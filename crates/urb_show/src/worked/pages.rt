//! Worked examples of pages and lists: what a page shows, which lists begin others, what was
//! delivered, and what a place of a history tells.
ghost use Rattle.std.specs.Prelude.{[], ◌∷◌, ◌≡◌, None, Ok, ℕ};
ghost use Rattle.std.specs.declared.alloc.Global.{Global};
ghost use Rattle.urb_names.specs.declared.refusal.Refusal.TheVariants as refusal;
ghost use Rattle.urb_node.specs.Replies.{Refused, Sent};
ghost use Rattle.urb_world.specs.Step.{Crash, Tick};
ghost use Rattle.urb_world.specs.World.{started};
ghost use Rattle.urb_world.specs.internal.Examples.{limits};
ghost use Rattle.urb_show.specs.DeliveredLists.{AreDeliveredBy, HaveDelivered};
ghost use Rattle.urb_show.specs.Lists.{Begins, list_at};
ghost use Rattle.urb_show.specs.Pages.{IsPageOf, NeverContradict};
ghost use Rattle.urb_show.specs.Pasts.{IsLedTo, IsReachedBy, IsRecorded, IsToldAt};
ghost use Rattle.urb_show.specs.Statuses.{TellsStatus};
ghost use Rattle.urb_show.specs.declared.entry.Page.{Page};
ghost use Rattle.urb_show.specs.internal.Examples.{told};
ghost use Rattle.urb_show.specs.internal.ReaderExamples.{house_after, new_four, shows_none};

/// A page has the entries from a place on, at most as many as were asked for, and the list's length.
pub fn pages_of_three_entries()
    ensures the_second { (page : Page Global) →
        IsPageOf (told 1 1 "a" ∷ told 1 2 "b" ∷ told 1 3 "c" ∷ []) 2 1 page →
        page.entries.items ≡ told 1 2 "b" ∷ [] }
    ensures of_three { (page : Page Global) →
        IsPageOf (told 1 1 "a" ∷ told 1 2 "b" ∷ told 1 3 "c" ∷ []) 2 1 page → page.total ≡ 3 }
{}

/// Two pages contradict each other if they show two messages under one name, and only then.
pub fn pages_of_two_readers()
    ensures two_messages { (a b : Page Global) → a.entries.items ≡ told 1 1 "a" ∷ [] →
        b.entries.items ≡ told 1 1 "b" ∷ [] → NeverContradict a b → ⊥ }
    ensures the_same_message { (a b : Page Global) → a.entries.items ≡ told 1 1 "a" ∷ [] →
        b.entries.items ≡ told 1 1 "a" ∷ [] → NeverContradict a b }
    ensures two_names { (a b : Page Global) → a.entries.items ≡ told 1 1 "a" ∷ [] →
        b.entries.items ≡ told 1 2 "b" ∷ [] → NeverContradict a b }
{}

/// Lists are compared as prefixes node by node. The empty value, with no lists, begins all others.
pub fn lists_of_two_nodes()
    ensures no_lists { Begins [] ([] ∷ []) }
    ensures the_first_is_longer { Begins ((told 1 1 "a" ∷ []) ∷ [] ∷ []) ([] ∷ [] ∷ []) → ⊥ }
    ensures the_second_is_longer { Begins ([] ∷ (told 1 1 "a" ∷ []) ∷ []) ([] ∷ [] ∷ []) → ⊥ }
    ensures a_list_more { Begins ([] ∷ [] ∷ []) ([] ∷ []) → ⊥ }
    ensures all_of_a_node { list_at ((told 1 1 "a" ∷ told 1 2 "b" ∷ []) ∷ []) 0
        ≡ told 1 1 "a" ∷ told 1 2 "b" ∷ [] }
{}

/// A new group of four has delivered nothing. A group that shows no world has delivered anything.
pub fn what_four_nodes_delivered()
    ensures nothing { HaveDelivered (started (limits 4 10)) ([] ∷ []) }
    ensures no_entry { HaveDelivered (started (limits 4 10)) ((told 1 1 "a" ∷ []) ∷ []) → ⊥ }
    ensures no_entry_by_a_new_group { AreDeliveredBy new_four [] ((told 1 1 "a" ∷ []) ∷ []) → ⊥ }
    ensures anything_by_none { AreDeliveredBy shows_none [] ((told 1 1 "a" ∷ []) ∷ []) }
{}

/// Events lead from each world that a group shows, and from no other one.
pub fn where_events_lead()
    ensures from_no_world { IsLedTo shows_none [] new_four }
    ensures to_no_world { IsLedTo new_four [] shows_none → ⊥ }
    ensures to_a_reached_world { IsReachedBy new_four [] }
{}

/// A place of a history tells its event, and the reply that the event gets there.
pub fn what_a_place_tells()
    ensures from_no_world { IsToldAt shows_none (Tick 1 ∷ []) 0 (Tick 1) (Refused refusal.Down) }
    ensures another_event { IsToldAt shows_none (Tick 1 ∷ []) 0 (Crash 1) (Refused refusal.Down)
        → ⊥ }
    ensures another_reply { IsToldAt new_four (Tick 1 ∷ []) 0 (Tick 1) (Refused refusal.Down) → ⊥ }
    ensures what_is_recorded { IsRecorded {T = ℕ} {E = ℕ} shows_none (Tick 1) (λ n. Sent []) (Ok 0)
        (house_after []) (house_after (Tick 1 ∷ [])) }
    ensures what_is_not_recorded { IsRecorded {T = ℕ} {E = ℕ} shows_none (Tick 1) (λ n. Sent []) (Ok 0)
        (house_after []) (house_after []) → ⊥ }
{}

/// A status is of each world that a group shows, and of no other one.
pub fn statuses_of_four_nodes()
    ensures of_no_world { TellsStatus shows_none 1 None }
    ensures no_status_of_a_node { TellsStatus new_four 1 None → ⊥ }
{}
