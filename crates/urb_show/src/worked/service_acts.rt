//! Worked examples of what the acts of the service can't be. Each row breaks one part of what its act
//! says.
ghost use Rattle.std.specs.Prelude.{[], ◌∷◌, ◌≡◌, Err, None, Ok, Some};
ghost use Rattle.urb_names.specs.Names.{name};
ghost use Rattle.urb_names.specs.declared.refusal.Refusal.TheVariants as refusal;
ghost use Rattle.urb_group.specs.declared.state.State.TheVariants as state;
ghost use Rattle.urb_show.specs.Answers.{restart_refusal};
ghost use Rattle.urb_show.specs.Service.{Does, Join, Starts, Step, entries_at};
ghost use Rattle.urb_show.specs.Service as seen;
ghost use Rattle.urb_show.specs.ServicePromises.{Keeps};
ghost use Rattle.urb_show.specs.internal.ServiceExamples.{both, down, m1, m2, pair_of, ready};
ghost use Rattle.urb_show.specs.internal.ServiceExamples.{storing};

/// A SUBMIT isn't written if it has an answer, gets no other answer, and changes nothing with one.
pub fn no_submits()
    ensures written_again { Does both (seen.Submit m1 None) (ready (m1 ∷ []) [])
        (storing (m1 ∷ []) [] (m1 ∷ [])) → ⊥ }
    ensures another_number { Does both (seen.Submit m1 (Some (Ok 2))) (ready (m1 ∷ []) [])
        (ready (m1 ∷ []) []) → ⊥ }
    ensures answered_and_lost { Does both (seen.Submit m1 (Some (Ok 1))) (ready (m1 ∷ []) [])
        (ready [] []) → ⊥ }
{}

/// A node that isn't writing finishes nothing. What is finished is on the list, and only names of
/// messages join the log.
pub fn no_finishes()
    ensures of_a_ready_node { Does both (seen.Finish []) (ready [] []) (ready [] []) → ⊥ }
    ensures accepted_and_lost { Does both (seen.Finish (1 ∷ [])) (storing [] [] (m1 ∷ []))
        (ready [] []) → ⊥ }
    ensures a_name_of_no_message { Does both (seen.Finish []) (storing [] [] [])
        (ready [] (name 2 1 ∷ [])) → ⊥ }
    ensures a_gap_behind_a_name { Join both [] (name 1 1 ∷ name 1 3 ∷ []) → ⊥ }
{}

/// A READ and a STATUS tell what there is, and change nothing.
pub fn no_reads()
    ensures both_entries { entries_at both (name 1 1 ∷ name 1 2 ∷ [])
        ≡ (name 1 1, Some m1) ∷ (name 1 2, Some m2) ∷ [] }
    ensures another_entry { Does both (seen.Read 2 1 ((name 1 1, Some m1) ∷ []) 2)
        (ready [] (name 1 1 ∷ name 1 2 ∷ [])) (ready [] (name 1 1 ∷ name 1 2 ∷ [])) → ⊥ }
    ensures another_total { Does both (seen.Read 1 1 ((name 1 1, Some m1) ∷ []) 1)
        (ready [] (name 1 1 ∷ name 1 2 ∷ [])) (ready [] (name 1 1 ∷ name 1 2 ∷ [])) → ⊥ }
    ensures read_and_lost { Does both (seen.Read 1 1 [] 0) (ready (m1 ∷ []) []) (ready [] []) → ⊥ }
    ensures another_state { Does both (seen.Status state.Down 0 0) (ready [] []) (ready [] []) → ⊥ }
    ensures another_count { Does both (seen.Status state.Ready 1 0) (ready [] []) (ready [] []) → ⊥ }
    ensures another_log { Does both (seen.Status state.Ready 0 1) (ready [] []) (ready [] []) → ⊥ }
    ensures told_and_lost { Does both (seen.Status state.Ready 1 0) (ready (m1 ∷ []) [])
        (ready [] []) → ⊥ }
{}

/// What a crash, a restart, a write and a failed disk can't be.
pub fn no_failures()
    ensures a_refused_crash { Does both (seen.Crash (Some refusal.Down)) (ready [] [])
        (down [] [] []) → ⊥ }
    ensures a_crash_that_leaves_it_up { Does both (seen.Crash None) (ready [] []) (ready [] [])
        → ⊥ }
    ensures a_restart_that_is_refused_as_up { Does both (seen.Restart (Some refusal.NotDown))
        (down [] [] []) (down [] [] []) → ⊥ }
    ensures a_refused_restart_that_changes { Does both (seen.Restart (Some refusal.NotDown))
        (ready (m1 ∷ []) []) (ready [] []) → ⊥ }
    ensures a_write { Does both seen.Write (ready [] []) (storing [] [] []) }
    ensures a_second_write { Does both seen.Write (storing [] [] []) (storing [] [] []) → ⊥ }
    ensures a_write_that_is_over { Does both seen.Write (ready [] []) (ready [] []) → ⊥ }
    ensures a_failure_of_nothing { Does both seen.Fail (ready [] []) (down [] [] []) → ⊥ }
    ensures a_failure_that_leaves_it_up { Does both seen.Fail (storing [] [] []) (storing [] [] [])
        → ⊥ }
    ensures of_a_bad_image { restart_refusal state.Down ≡ refusal.BadImage }
    ensures of_a_node_that_writes { restart_refusal state.Storing ≡ refusal.NotDown }
{}

/// A step changes its node as its act says, and nothing else. A start changes no limit.
pub fn no_steps()
    ensures a_crash { Step both 1 (seen.Crash None)
        (pair_of (down (m1 ∷ m2 ∷ []) [] []) (ready [] [])) }
    ensures of_another_act { Step both 1 seen.Rest (pair_of (ready [] []) (ready [] [])) → ⊥ }
    ensures of_other_limits { Step both 1 seen.Rest (record both { size = record { n = 3; cap = 2 } })
        → ⊥ }
    ensures a_start_with_other_limits { Starts both
        (record both { size = record { n = 3; cap = 2 } }) → ⊥ }
    ensures a_lost_message { Keeps (ready (m1 ∷ []) []) (ready [] []) → ⊥ }
    ensures a_lost_name { Keeps (ready [] (name 1 1 ∷ [])) (ready [] []) → ⊥ }
{}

## Aim of the exercise
Each line from the top of the material above through the line with "pub fn lists_of_two_nodes()" must be echoed exactly, and no other line.

## Solution below
filename crates/urb_show/src/worked/pages.rt
//! Worked examples of pages and lists: what a page shows, which lists begin others, what was
//! delivered, and what a place of a history tells.
ghost use Rattle.std.specs.Prelude.{[], ◌∷◌, ◌≡◌, None, Ok, ℕ};
ghost use Rattle.std.specs.declared.alloc.Global.{Global};
ghost use Rattle.urb_names.specs.declared.refusal.Refusal.TheVariants as refusal;
ghost use Rattle.urb_node.specs.Replies.{Refused, Sent};
ghost use Rattle.urb_world.specs.Step.{Crash, Tick};
ghost use Rattle.urb_world.specs.World.{started};
ghost use Rattle.urb_world.specs.internal.Examples.{limits};
ghost use Rattle.urb_show.specs.DeliveredLists.{AreDeliveredBy, HaveDelivered};
ghost use Rattle.urb_show.specs.Lists.{Begins, list_at};
ghost use Rattle.urb_show.specs.Pages.{IsPageOf, NeverContradict};
ghost use Rattle.urb_show.specs.Pasts.{IsLedTo, IsReachedBy, IsRecorded, IsToldAt};
ghost use Rattle.urb_show.specs.Statuses.{TellsStatus};
ghost use Rattle.urb_show.specs.declared.entry.Page.{Page};
ghost use Rattle.urb_show.specs.internal.Examples.{told};
ghost use Rattle.urb_show.specs.internal.ReaderExamples.{house_after, new_four, shows_none};

/// A page has the entries from a place on, at most as many as were asked for, and the list's length.
pub fn pages_of_three_entries()
    ensures the_second { (page : Page Global) →
        IsPageOf (told 1 1 "a" ∷ told 1 2 "b" ∷ told 1 3 "c" ∷ []) 2 1 page →
        page.entries.items ≡ told 1 2 "b" ∷ [] }
    ensures of_three { (page : Page Global) →
        IsPageOf (told 1 1 "a" ∷ told 1 2 "b" ∷ told 1 3 "c" ∷ []) 2 1 page → page.total ≡ 3 }
{}

/// Two pages contradict each other if they show two messages under one name, and only then.
pub fn pages_of_two_readers()
    ensures two_messages { (a b : Page Global) → a.entries.items ≡ told 1 1 "a" ∷ [] →
        b.entries.items ≡ told 1 1 "b" ∷ [] → NeverContradict a b → ⊥ }
    ensures the_same_message { (a b : Page Global) → a.entries.items ≡ told 1 1 "a" ∷ [] →
        b.entries.items ≡ told 1 1 "a" ∷ [] → NeverContradict a b }
    ensures two_names { (a b : Page Global) → a.entries.items ≡ told 1 1 "a" ∷ [] →
        b.entries.items ≡ told 1 2 "b" ∷ [] → NeverContradict a b }
{}

/// Lists are compared as prefixes node by node. The empty value, with no lists, begins all others.
pub fn lists_of_two_nodes()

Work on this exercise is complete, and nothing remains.